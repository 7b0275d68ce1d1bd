//! The server with the history of its changes.

ghost use Rattle.std.specs.Prelude.{◌≡◌, ◌+◌, ◌≢◌, ◌<◌, ◌≤◌, ◌++◌, ◌∷◌, ℕ, [], length, Ok, Some, IfOk, IfSome, IsOk, OnOk, OnErr, false, true, option_copied};
ghost use Rattle.std.specs.FinMap as map;
ghost use Rattle.std.specs.Option.{option_map};
ghost use Rattle.vic_dict.specs.declared.limits.TheConstants.{MOST_CLIENTS, MOST_ENTRIES, MOST_WEIGHT};
ghost use Rattle.vic_wire.specs.declared.message.ToServer.TheVariants as ask;
ghost use Rattle.vic_wire.specs.declared.message.ToClient.TheVariants as say;
ghost use Rattle.vic_wire.specs.Messages.{HasSpelling, answer_text};
ghost use Rattle.vic_wire.specs.Reading.{read_request};
ghost use Rattle.vic_dict.specs.Dictionary.{Fits};
ghost use Rattle.vic_order.specs.Order.{serve, size, sealed_count, weight, ordered_at};
ghost use Rattle.vic_change.specs.Changes.{change};
ghost use Rattle.vic_server.specs.Keeping.{pairs_weight};
ghost use Rattle.vic_order.specs.Next.{next_op, write_at};
ghost use Rattle.vic_server.specs.Changes.{Follows, IsPossible, server_after, makes_change, to_wait};
ghost use Rattle.vic_server.specs.Causes.{Causes};
ghost use Rattle.vic_server.specs.declared.change.Change.TheVariants as effect;
ghost use Rattle.vic_server.specs.Replay.{replay, changes_made, opening_server, kept_with, after_request};

use crate::change::{Change as Effect, Plan};
use crate::machine::Machine;
use std::alloc::Global;
use std::marker::Model;
use vic_change::Change;
use vic_dict::{Bytes, Mode, NoMemory, Op};
use vic_trie::Trie;
use vic_wire::ToClient;

/// A server of a group, and the history of the changes that requests made.
#[derive(Debug, Drop)]
pub struct Served {
    /// What the changes have led to.
    machine: Machine,
    /// As it was made, which no change alters.
    mode: Mode,
    /// How many clients the group has, 1 to 64.
    count: u8,
    /// Whether all clients had come in before the first request.
    gathered: bool,
    /// All requests that changed the server, the oldest first.
    changes: Vec<Change>,
}

impl Model for Served {
    ghost use Rattle.std.specs.Prelude.{◌≡◌};
    ghost use Rattle.std.specs.Coded.{codes};
    ghost use Rattle.vic_server.specs.Keeping.{dictionary_code};
    ghost use Rattle.vic_server.specs.Replay.{KeptServer, kept_with, opening_server, replay};

    ghost Value = { KeptServer };

    ghost coded = { Prim.hlevel (codes, dictionary_code) };

    ghost view = { λ a. kept_with (opening_server a.mode a.count a.gathered) a.changes.items a.machine };

    ghost invariant = { λ a. a.machine ≡ replay (opening_server a.mode a.count a.gathered) a.changes.items };
}

fn copied_changes(alloc: Global, changes: &[Change]) -> Result<Vec<Change>, NoMemory>
    ensures { IfOk result (λ made. made.items ≡ changes.now) }
{
    let mut made = Vec::new(alloc);
    for change in changes {
        made.push(change.copy(alloc)?)?;
    }
    Ok(made)
}

impl Served {
    /// A server of so many clients, of which none has come in.
    #[tactic(auto, unfolding(crate::specs::Replay::replay))]
    pub fn new(alloc: Global, mode: Mode, count: u8) -> Result<Served, NoMemory>
        requires count { (0 < count) × (count ≤ MOST_CLIENTS) }
        ensures { IfOk result (λ s. s ≡ kept_with (opening_server mode count false) [] (opening_server mode count false)) }
    {
        let machine = Machine::new(alloc, mode, count)?;
        Ok(Served {
            machine,
            mode,
            count,
            gathered: false,
            changes: Vec::new(alloc),
        })
    }

    /// A server of so many clients, all of which have come in.
    #[tactic(auto, unfolding(crate::specs::Replay::replay))]
    pub fn gathered(alloc: Global, mode: Mode, count: u8) -> Result<Served, NoMemory>
        requires count { (0 < count) × (count ≤ MOST_CLIENTS) }
        ensures { IfOk result (λ s. s ≡ kept_with (opening_server mode count true) [] (opening_server mode count true)) }
    {
        let machine = Machine::gathered(alloc, mode, count)?;
        Ok(Served {
            machine,
            mode,
            count,
            gathered: true,
            changes: Vec::new(alloc),
        })
    }

    /// What the type says, for a proof: its server is what its history leads to. It does nothing when it runs.
    pub fn keeps_history(&self)
        ensures { self.now.server ≡ replay self.now.opening self.now.changes }
    {
        // What a type keeps true is known of a value once its body reads a field; this read costs nothing.
        let _machine = &self.machine;
    }

    /// How many changes requests made.
    pub fn changes(&self) -> u64
        ensures { result ≡ length self.now.changes }
    {
        self.changes.len() as u64
    }

    /// How many entries were ordered.
    pub fn length(&self) -> u32
        ensures is { result ≡ size self.now.server }
        ensures room { result ≤ MOST_ENTRIES }
    {
        self.machine.length()
    }

    /// How many of them are sealed.
    pub fn sealed(&self) -> u32
        ensures is { result ≡ sealed_count self.now.server }
        ensures within { result ≤ size self.now.server }
        ensures room { result ≤ MOST_ENTRIES }
    {
        self.machine.sealed()
    }

    /// How many keys the sealed dictionary has.
    pub fn pairs(&self) -> u32
        ensures { result ≡ map.len self.now.server.dictionary }
    {
        self.machine.pairs()
    }

    /// The sealed dictionary. Its pairs weigh at most 8,388,608 bytes, so a part of it fits an answer.
    pub fn dict(&self) -> &Trie
        ensures is { result.now ≡ self.now.server.dictionary }
        ensures light { pairs_weight result.now ≤ MOST_WEIGHT }
    {
        self.machine.dict()
    }

    /// The operation of the first entry that isn't sealed, where it is a put or a del that was committed done; None in all other cases.
    pub fn next_op(&self) -> Option<&Op>
        ensures is { option_copied result ≡ next_op self.now.server }
        ensures fits { IfSome (option_copied result) (λ o. Fits o) }
    {
        self.machine.next_op()
    }

    /// What `next_op` says once a planned change was made, where the position is one above the entries that are sealed then
    /// ([`Served::sealed_after`]). At any other position, the operation of the entry there, where it is then a put or a del that was
    /// committed done.
    pub fn op_above<'a>(&'a self, change: &'a Effect, position: u32) -> Option<&'a Op>
        requires { 0 < position }
        ensures is { option_copied result ≡ write_at (server_after self.now.server change.now) position }
        ensures next { position ≡ sealed_count (server_after self.now.server change.now) + 1 → option_copied result ≡ next_op (server_after self.now.server change.now) }
        ensures fits { IfSome (option_copied result) (λ o. Fits o) }
    {
        self.machine.op_above(change, position)
    }

    /// How many entries are sealed once a planned change was made.
    pub fn sealed_after(&self, change: &Effect) -> u32
        ensures is { result ≡ sealed_count (server_after self.now.server change.now) }
        ensures room { result ≤ 1048577 }
    {
        self.machine.sealed_after(change)
    }

    /// Whose the first entry is that isn't sealed, if there is one.
    pub fn owner_of_next(&self) -> Option<u8>
        ensures { result ≡ option_map (λ o. o.entry.client) (ordered_at self.now.server (sealed_count self.now.server + 1)) }
    {
        self.machine.owner_of_next()
    }

    /// The bytes of the sealed pairs and of the puts that aren't sealed, with 16 more for each.
    pub fn weight(&self) -> u64
        ensures is { result ≡ weight self.now.server }
        ensures light { result ≤ MOST_WEIGHT }
    {
        self.machine.weight()
    }

    /// What the rule says of a payload: the answer, and what would change. It is the first phase of serving. The server is the same
    /// afterwards, so the caller can still fail: it encodes the answer and takes its own memory now, before it calls [`Served::keep`].
    pub fn plan(&mut self, alloc: Global, who: u8, payload: &[u8]) -> Result<Plan, NoMemory>
        ensures follows { IfOk result (λ p. Follows (serve self.old.server who payload.now) self.old.server p) }
        ensures waits { read_request payload.now ≡ Some ask.Poll → (serve self.old.server who payload.now).answer ≡ say.Wait → result ≡ Ok to_wait }
        ensures same { self.new ≡ self.old }
    {
        self.machine.plan(alloc, who, payload)
    }

    /// Makes the change that was planned for a request, and keeps it in the history; where there is none, nothing. It is the second
    /// phase of serving, to be called with the change of a [`Served::plan`] for the same client and payload, and with no other request
    /// served between them. Where memory runs out, nothing has changed.
    pub fn keep(
        &mut self,
        alloc: Global,
        seat: u32,
        who: u8,
        payload: &[u8],
        change: Effect,
    ) -> Result<(), NoMemory>
        requires possible { IsPossible self.old.server change }
        requires next { server_after self.old.server change ≡ (serve self.old.server who payload.now).next }
        requires makes { makes_change change ≡ (serve self.old.server who payload.now).change }
        ensures ok { OnOk result (self.new ≡ after_request self.old seat who payload.now) }
        ensures nothing { change ≡ effect.Nothing → IsOk result }
        ensures err { OnErr result (self.new ≡ self.old) }
    {
        if let Effect::Nothing = change {
            return Ok(());
        }
        let payload = Bytes::of(alloc, payload)?;
        self.enact(alloc, change, Change { seat, who, payload })
    }

    // Makes a change, and keeps it in the history.
    fn enact(&mut self, alloc: Global, change: Effect, row: Change) -> Result<(), NoMemory>
        requires possible { IsPossible self.old.server change }
        requires same { server_after self.old.server change ≡ (serve self.old.server row.who row.payload).next }
        ensures ok { OnOk result (self.new ≡ kept_with self.old.opening (self.old.changes ++ row ∷ []) (server_after self.old.server change)) }
        ensures err { OnErr result (self.new ≡ self.old) }
    {
        self.changes.reserve(1)?;
        self.machine.enact(alloc, change)?;
        self.changes.push_reserved(row);
        Ok(())
    }

    /// A copy of all that is kept.
    pub(crate) fn copied(&self, alloc: Global) -> Result<Served, NoMemory>
        ensures { IfOk result (λ made. made ≡ self.now) }
    {
        let machine = self.machine.copied(alloc)?;
        let changes = copied_changes(alloc, &self.changes)?;
        Ok(Served {
            machine,
            mode: self.mode,
            count: self.count,
            gathered: self.gathered,
            changes,
        })
    }

    /// Serves one request: what it changes, and the answer. The answer's memory is taken before anything changes. A change takes its own as
    /// it is made: a seal stands on its list before the dictionary asks for memory, and a content before its index does; where there is
    /// none, they are taken off again. A content is copied twice, since the history keeps its request too.
    #[tactic(auto, using(vic_bounds::proofs::Lengths::answer_short))]
    pub fn step(
        &mut self,
        alloc: Global,
        seat: u32,
        who: u8,
        payload: &[u8],
    ) -> Result<ToClient, NoMemory>
        ensures ok { OnOk result (self.new ≡ after_request self.old seat who payload.now) }
        ensures answer { IfOk result (λ a. a ≡ (serve self.old.server who payload.now).answer) }
        ensures spelled { IfOk result (λ a. HasSpelling a) }
        // Each refusal, and the word to wait, comes exactly where its own cause holds.
        ensures causes { IfOk result (λ a. Causes self.old.server who (read_request payload.now) a) }
        // A refusal changes nothing.
        ensures refused { (r : ℕ) → result ≡ Ok (say.Refused r) → self.new ≡ self.old }
        // Its envelope fits a frame.
        ensures short { IfOk result (λ a. length (answer_text a) ≤ 16777211) }
        // A Poll that is to wait takes no memory.
        ensures waits { read_request payload.now ≡ Some ask.Poll → (serve self.old.server who payload.now).answer ≡ say.Wait → result ≡ Ok say.Wait }
        ensures err { OnErr result (self.new ≡ self.old) }
    {
        let Plan { answer, change } = self.plan(alloc, who, payload)?;
        self.keep(alloc, seat, who, payload, change)?;
        Ok(answer)
    }
}
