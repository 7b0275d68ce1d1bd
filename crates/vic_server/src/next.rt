//! The operation that is sealed next, as the server stands and as a planned change leaves it.

ghost use Rattle.std.specs.Prelude.{◌≡◌, ◌+◌, ◌<◌, ◌≤◌, IfSome, option_copied};
ghost use Rattle.vic_dict.specs.Dictionary.{Fits};
ghost use Rattle.vic_order.specs.Order.{ordered_at, commit_at, sealed_count};
ghost use Rattle.vic_server.specs.Changes.{server_after};
ghost use Rattle.vic_order.specs.Next.{write_in, write_at, next_op};

use crate::change::Change;
use crate::machine::{Machine, is_write};
use crate::rows::Row;
use vic_dict::Op;

/// An entry's operation, where it is a put or a del that was committed done.
fn op_of(row: Option<&Row>, status: Option<bool>) -> Option<&Op>
    ensures is { option_copied result ≡ write_in (option_copied row.entry) status }
    ensures fits { IfSome (option_copied result) (λ o. Fits o) }
{
    match (row, status) {
        (Some(row), Some(true)) if is_write(row.op()) => Some(row.op()),
        _ => None,
    }
}

impl Machine {
    pub(crate) fn next_op(&self) -> Option<&Op>
        ensures is { option_copied result ≡ next_op self.now }
        ensures fits { IfSome (option_copied result) (λ o. Fits o) }
    {
        let next = self.sealed() + 1;
        op_of(self.row_at(next), self.status_at(next))
    }

    /// The entry at a position once a planned change was made.
    fn row_above<'a>(&'a self, change: &'a Change, position: u32) -> Option<&'a Row>
        requires { 0 < position }
        ensures { option_copied result ≡ ordered_at (server_after self.now change.now) position }
    {
        match change {
            Change::Orders(_, row) if position == self.length() + 1 => Some(row),
            _ => self.row_at(position),
        }
    }

    /// How it is committed then.
    fn status_above(&self, change: &Change, position: u32) -> Option<bool>
        requires { 0 < position }
        ensures { result ≡ commit_at (server_after self.now change.now) position }
    {
        match change {
            Change::Commits(_, at, done, _) if *at == position => Some(*done),
            _ => self.status_at(position),
        }
    }

    pub(crate) fn op_above<'a>(&'a self, change: &'a Change, position: u32) -> Option<&'a Op>
        requires { 0 < position }
        ensures is { option_copied result ≡ write_at (server_after self.now change.now) position }
        ensures fits { IfSome (option_copied result) (λ o. Fits o) }
    {
        op_of(
            self.row_above(change, position),
            self.status_above(change, position),
        )
    }

    pub(crate) fn sealed_after(&self, change: &Change) -> u32
        ensures is { result ≡ sealed_count (server_after self.now change.now) }
        ensures room { result ≤ 1048577 }
    {
        match change {
            Change::Seals(_, _) => self.sealed() + 1,
            _ => self.sealed(),
        }
    }
}
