impl Machine {
    /// Whether this client has come in and not left.
    fn is_member(&self, who: u8) -> bool
        ensures is { result ≡ is_member self.now who }
        ensures bounds { IsTrue result → IsSeat self.now who × (who ≤ MOST_CLIENTS) }
    {
        0 < who && (who <= self.count() && is_inside(self.stage_of(who)))
    }

    fn set_stage(&mut self, who: u8, stage: Stage)
        requires seat { IsSeat self.old who }
        requires stage { IsWithin (size self.old) stage }
        ensures { self.new ≡ set_stage self.old who stage }
    {
        let last = self.last_of(who);
        self.set_seat(who, Seat::new(last, stage));
    }

    // ---- what is planned

    fn on_hello(&self, who: u8, kind: Mode, client: u8) -> Plan
        ensures { Follows (on_hello self.now who kind client) self.now result }
    {
        if who != 0 {
            return refused(OUT_OF_ORDER);
        }
        if !(0 < client
            && (client <= self.count()
                && (same_mode(kind, self.mode()) && is_away(self.stage_of(client)))))
        {
            return refused(NOT_MEMBER);
        }
        Plan {
            answer: ToClient::Hi,
            change: Change::Enters(client),
        }
    }

    fn on_bye(&self, who: u8) -> Plan
        requires { IsSeat self.now who }
        ensures { Follows (on_request self.now who ask.Bye) self.now result }
    {
        if !is_ready(self.stage_of(who)) {
            return refused(OUT_OF_ORDER);
        }
        Plan {
            answer: ToClient::Gone,
            change: Change::Leaves(who),
        }
    }

    /// The turn, where the first entry that isn't sealed has this commit.
    fn turn_with(&self, alloc: Global, who: u8, status: Option<bool>) -> Result<ToClient, NoMemory>
        ensures is { IfOk result (λ a. a ≡ turn_on self.now who (ordered_at self.now (sealed_count self.now + 1)) status) }
        ensures spelled { IfOk result (λ a. HasSpelling a) }
        ensures short { IfOk result (λ a. HasShortPart a) }
        ensures waits { turn_on self.now who (ordered_at self.now (sealed_count self.now + 1)) status ≡ say.Wait → result ≡ Ok say.Wait }
    {
        let sealed = self.sealed();
        self.tell_turn(alloc, self.seal_at(sealed), who, sealed + 1, status)
    }

    fn on_poll(&self, alloc: Global, who: u8) -> Result<Plan, NoMemory>
        ensures follows { IfOk result (λ p. Follows (on_request self.now who ask.Poll) self.now p) }
        ensures waits { (on_request self.now who ask.Poll).answer ≡ say.Wait → result ≡ Ok to_wait }
    {
        if !is_ready(self.stage_of(who)) {
            return Ok(refused(OUT_OF_ORDER));
        }
        let status = self.status_at(self.sealed() + 1);
        let answer = self.turn_with(alloc, who, status)?;
        Ok(only(answer))
    }

    fn on_sync(&self, alloc: Global, who: u8, known: u32) -> Result<Plan, NoMemory>
        ensures { IfOk result (λ p. Follows (on_request self.now who (ask.Sync known)) self.now p) }
    {
        let length = self.length();
        if !(is_ready(self.stage_of(who)) && known <= length) {
            return Ok(refused(OUT_OF_ORDER));
        }
        let end = length.min(known + MOST_TOLD);
        let entries = self.told(alloc, known, end)?;
        let seal = self.seal_at(self.sealed().min(end));
        Ok(only(ToClient::Entries { seal, entries }))
    }

    fn on_commit(
        &self,
        alloc: Global,
        who: u8,
        position: u32,
        done: bool,
        tag: Digest32,
    ) -> Result<Plan, NoMemory>
        requires seat { IsSeat self.now who }
        requires above { 0 < position }
        ensures { IfOk result (λ p. Follows (on_request self.now who (ask.Commit position done tag)) self.now p) }
    {
        if !is_open_at(position, self.stage_of(who)) {
            return Ok(refused(OUT_OF_ORDER));
        }
        let next = self.sealed() + 1;
        let status = if position == next {
            Some(done)
        } else {
            self.status_at(next)
        };
        let answer = self.turn_with(alloc, who, status)?;
        Ok(Plan {
            answer,
            change: Change::Commits(who, position, done, tag),
        })
    }

    fn on_seal(&mut self, alloc: Global, who: u8, seal: Seal) -> Result<Plan, NoMemory>
        requires { IsSeal seal × (0 < seal.position) }
        ensures follows { IfOk result (λ p. Follows (on_request self.old who (ask.Seal seal.position seal.root seal.tag)) self.old p) }
        ensures same { self.new ≡ self.old }
    {
        if !(is_ready(self.stage_of(who)) && seal.position == self.sealed() + 1) {
            return Ok(refused(OUT_OF_ORDER));
        }
        match self.commit_of(who, seal.position) {
            None => Ok(refused(OUT_OF_ORDER)),
            Some(done) => {
                let answer = self.turn_after(alloc, who, seal, done)?;
                Ok(Plan {
                    answer,
                    change: Change::Seals(seal, done),
                })
            }
        }
    }

    /// What an Invoke has to pass; where it doesn't, the number of the first test that it fails.
    fn pass_tests(&self, who: u8, known: u32, seq: u32, op: &Op) -> Result<(), u8>
        requires { Fits op.now }
        ensures is { result_err result ≡ first_failing (invoke_tests self.now who known seq op.now) }
        ensures number { IfErr result (λ r. (BEHIND ≤ r) × (r ≤ CONTENT_FULL)) }
        ensures allowed { OnOk result (IsAllowed self.now known op.now) }
    {
        let length = self.length();
        let in_order = is_in_order(self.stage_of(who), self.last_of(who), seq, known, length);
        refuse_unless(in_order, OUT_OF_ORDER)?;
        refuse_unless(length != MOST_ENTRIES, HISTORY_FULL)?;
        refuse_unless(length - self.sealed() != MOST_UNSEALED, PENDING_FULL)?;
        refuse_unless(is_light(self.weight(), op), WEIGHT_FULL)?;
        refuse_unless(length + 1 - known <= MOST_TOLD, BEHIND)
    }

    /// The Reply to an entry that is about to go onto the log.
    fn reply_to(&self, alloc: Global, known: u32, row: &Row) -> Result<ToClient, NoMemory>
        requires { IsAllowed self.now known row.now.entry.op }
        ensures is { IfOk result (λ a. a ≡ say.Reply (top_seal self.now) (entries_above known (row.now ∷ self.now.log)) (part_for self.now.dictionary row.now.entry.op)) }
        ensures spelled { IfOk result (λ a. HasSpelling a) }
        ensures short { IfOk result (λ a. HasShortPart a) }
    {
        let seal = self.seal_at(self.sealed());
        let mut entries = self.told(alloc, known, self.length())?;
        let item = row.tagged(alloc)?;
        entries.push(item)?;
        let part = self.part_for(alloc, row.op())?;
        Ok(ToClient::Reply {
            seal,
            entries,
            part,
        })
    }

    fn on_invoke(
        &self,
        alloc: Global,
        who: u8,
        known: u32,
        seq: u32,
        op: Op,
        tag: Digest32,
    ) -> Result<Plan, NoMemory>
        requires seat { IsSeat self.now who × (who ≤ MOST_CLIENTS) }
        requires spelled { HasRequestSpelling (ToServer.Invoke known seq op tag) }
        ensures { IfOk result (λ p. Follows (on_request self.now who (ask.Invoke known seq op tag)) self.now p) }
    {
        match self.pass_tests(who, known, seq, &op) {
            Err(reason) => Ok(refused(reason)),
            Ok(()) => {
                let entry = Entry {
                    client: who,
                    seq,
                    op,
                };
                let row = Row::new(Tagged { entry, tag }, self.sealed());
                let answer = self.reply_to(alloc, known, &row)?;
                Ok(Plan {
                    answer,
                    change: Change::Orders(who, row),
                })
            }
        }
    }

    /// Whether a client may ask for contents.
    fn may_ask(&self, who: u8) -> bool
        ensures { result ≡ (is_ready (member self.now who).stage && same_mode self.now.mode mode.Objects) }
    {
        is_ready(self.stage_of(who)) && same_mode(self.mode(), Mode::Objects)
    }

    /// A content is kept, unless it is already, or there is no room. It costs the content's hash, which is computed here and nowhere
    /// else.
    fn on_keep(&self, who: u8, content: Bytes) -> Plan
        requires { length content ≤ LONGEST_CONTENT }
        ensures { Follows (on_request self.now who (ask.Keep content)) self.now result }
    {
        if !self.may_ask(who) {
            return refused(OUT_OF_ORDER);
        }
        let hash = vic_hash::content(content.as_slice());
        if self.is_kept(&hash) {
            return only(ToClient::Kept);
        }
        if !self.has_room(content.len()) {
            return refused(CONTENT_FULL);
        }
        Plan {
            answer: ToClient::Kept,
            change: Change::Keeps(hash, content),
        }
    }

    /// The content with a hash. It costs a copy of the content.
    fn on_fetch(&self, alloc: Global, who: u8, hash: Digest32) -> Result<Plan, NoMemory>
        ensures { IfOk result (λ p. Follows (on_request self.now who (ask.Fetch hash)) self.now p) }
    {
        if !self.may_ask(who) {
            return Ok(refused(OUT_OF_ORDER));
        }
        let answer = self.content_with(alloc, &hash)?;
        Ok(only(answer))
    }

    fn on_request(&mut self, alloc: Global, who: u8, request: ToServer) -> Result<Plan, NoMemory>
        requires seat { IsSeat self.old who × (who ≤ MOST_CLIENTS) }
        requires spelled { HasRequestSpelling request }
        ensures follows { IfOk result (λ p. Follows (on_request self.old who request) self.old p) }
        ensures waits { request ≡ ask.Poll → (on_request self.old who request).answer ≡ say.Wait → result ≡ Ok to_wait }
        ensures same { self.new ≡ self.old }
    {
        match request {
            ToServer::Hello(_, _) => Ok(refused(OUT_OF_ORDER)),
            ToServer::Invoke {
                known,
                seq,
                op,
                tag,
            } => self.on_invoke(alloc, who, known, seq, op, tag),
            ToServer::Commit {
                position,
                done,
                tag,
            } => self.on_commit(alloc, who, position, done, tag),
            ToServer::Poll => self.on_poll(alloc, who),
            ToServer::Seal {
                position,
                root,
                tag,
            } => self.on_seal(
                alloc,
                who,
                Seal {
                    position,
                    root,
                    tag,
                },
            ),
            ToServer::Sync(known) => self.on_sync(alloc, who, known),
            ToServer::Keep(content) => Ok(self.on_keep(who, content)),
            ToServer::Fetch(hash) => self.on_fetch(alloc, who, hash),
            ToServer::Bye => Ok(self.on_bye(who)),
        }
    }

    fn on_read(
        &mut self,
        alloc: Global,
        who: u8,
        request: Option<ToServer>,
    ) -> Result<Plan, NoMemory>
        requires { IfSome request (λ m. HasRequestSpelling m) }
        ensures follows { IfOk result (λ p. Follows (serve_read self.old who request) self.old p) }
        ensures waits { request ≡ Some ask.Poll → (serve_read self.old who request).answer ≡ say.Wait → result ≡ Ok to_wait }
        ensures same { self.new ≡ self.old }
    {
        match request {
            None => Ok(refused(OUT_OF_ORDER)),
            Some(ToServer::Hello(kind, client)) => Ok(self.on_hello(who, kind, client)),
            Some(request) => {
                if !self.is_member(who) {
                    return Ok(refused(NOT_MEMBER));
                }
                self.on_request(alloc, who, request)
            }
        }
    }

    /// What the rule says of a payload. The server is the same afterwards; for the turn behind a seal its dictionary is changed and changed
    /// back.
    #[tactic(auto, unfolding(vic_order::specs::Order::serve))]
    pub(crate) fn plan(&mut self, alloc: Global, who: u8, payload: &[u8]) -> Result<Plan, NoMemory>
        ensures follows { IfOk result (λ p. Follows (serve self.old who payload.now) self.old p) }
        ensures waits { read_request payload.now ≡ Some ask.Poll → (serve self.old who payload.now).answer ≡ say.Wait → result ≡ Ok to_wait }
        ensures same { self.new ≡ self.old }
    {
        let request = decode_request(alloc, payload)?;
        self.on_read(alloc, who, request)
    }

    // ---- what is changed

    pub(crate) fn enact(&mut self, alloc: Global, change: Change) -> Result<(), NoMemory>
        requires { IsPossible self.old change }
        ensures ok { OnOk result (self.new ≡ server_after self.old change) }
        ensures nothing { change ≡ Change.Nothing → IsOk result }
        ensures err { OnErr result (self.new ≡ self.old) }
    {
        match change {
            Change::Nothing => {}
            Change::Enters(client) => self.set_stage(client, Stage::Ready),
            Change::Orders(who, row) => self.order(who, row)?,
            Change::Commits(who, position, done, tag) => {
                self.add_commit(position, done, tag)?;
                self.set_stage(who, Stage::Ready);
            }
            Change::Seals(seal, done) => self.add_seal(alloc, seal, done)?,
            Change::Keeps(hash, content) => self.add_content(&hash, content)?,
            Change::Leaves(who) => self.set_stage(who, Stage::Left),
        }
        Ok(())
    }

    fn order(&mut self, who: u8, row: Row) -> Result<(), NoMemory>
        requires { IsPossible self.old (Change.Orders who row) }
        ensures ok { OnOk result (self.new ≡ server_after self.old (Change.Orders who row)) }
        ensures err { OnErr result (self.new ≡ self.old) }
    {
        let last = row.seq();
        let position = self.length() + 1;
        self.add_row(row)?;
        self.set_seat(who, Seat::new(last, Stage::Open(position)));
        Ok(())
    }

    /// Serves one request: what it changes, and the answer. It costs what its answer costs, a Seal what the change of the dictionary
    /// costs, and a Keep its content's hash and a copy of it. The seat is that of the connection; the rule doesn't ask for it.
    pub fn step(
        &mut self,
        alloc: Global,
        _seat: u32,
        who: u8,
        payload: &[u8],
    ) -> Result<ToClient, NoMemory>
        ensures ok { IfOk result (λ a. (self.new ≡ (serve self.old who payload.now).next) × (a ≡ (serve self.old who payload.now).answer)) }
        ensures spelled { IfOk result (λ a. HasSpelling a) }
        // Each refusal, and the word to wait, comes exactly where its own cause holds.
        ensures causes { IfOk result (λ a. Causes self.old who (read_request payload.now) a) }
        // A refusal changes nothing.
        ensures refused { (r : ℕ) → result ≡ Ok (say.Refused r) → self.new ≡ self.old }
        // A Poll that is to wait takes no memory.
        ensures waits { read_request payload.now ≡ Some ask.Poll → (serve self.old who payload.now).answer ≡ say.Wait → result ≡ Ok say.Wait }
        ensures err { OnErr result (self.new ≡ self.old) }
    {
        let Plan { answer, change } = self.plan(alloc, who, payload)?;
        self.enact(alloc, change)?;
        Ok(answer)
    }
}
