//! What a request changes, planned before anything is changed.

use crate::rows::Row;
use vic_dict::Bytes;
use vic_wire::{Digest32, Seal, ToClient};

/// A change of the server.
#[derive(Debug, Drop)]
pub enum Change {
    Nothing,
    /// A client comes in.
    Enters(u8),
    /// A client's call goes onto the log.
    Orders(u8, Row),
    /// A client's call at a position was done, or else aborted.
    Commits(u8, u32, bool, Digest32),
    /// The next position is sealed, whose entry was done, or else aborted.
    Seals(Seal, bool),
    /// A content is kept under its hash.
    Keeps(Digest32, Bytes),
    /// A client leaves.
    Leaves(u8),
}

/// An answer, and the change that goes with it.
#[derive(Debug, Drop)]
pub struct Plan {
    /// What is to be answered.
    pub answer: ToClient,
    /// What is to become of the server, once the answer stands.
    pub change: Change,
}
────────
Required work:
Return every line above in which the string "root" occurs.

Output for this exercise:
        ensures follows { IfOk result (λ p. Follows (on_request self.old who (ask.Seal seal.position seal.root seal.tag)) self.old p) }
                root,
                    root,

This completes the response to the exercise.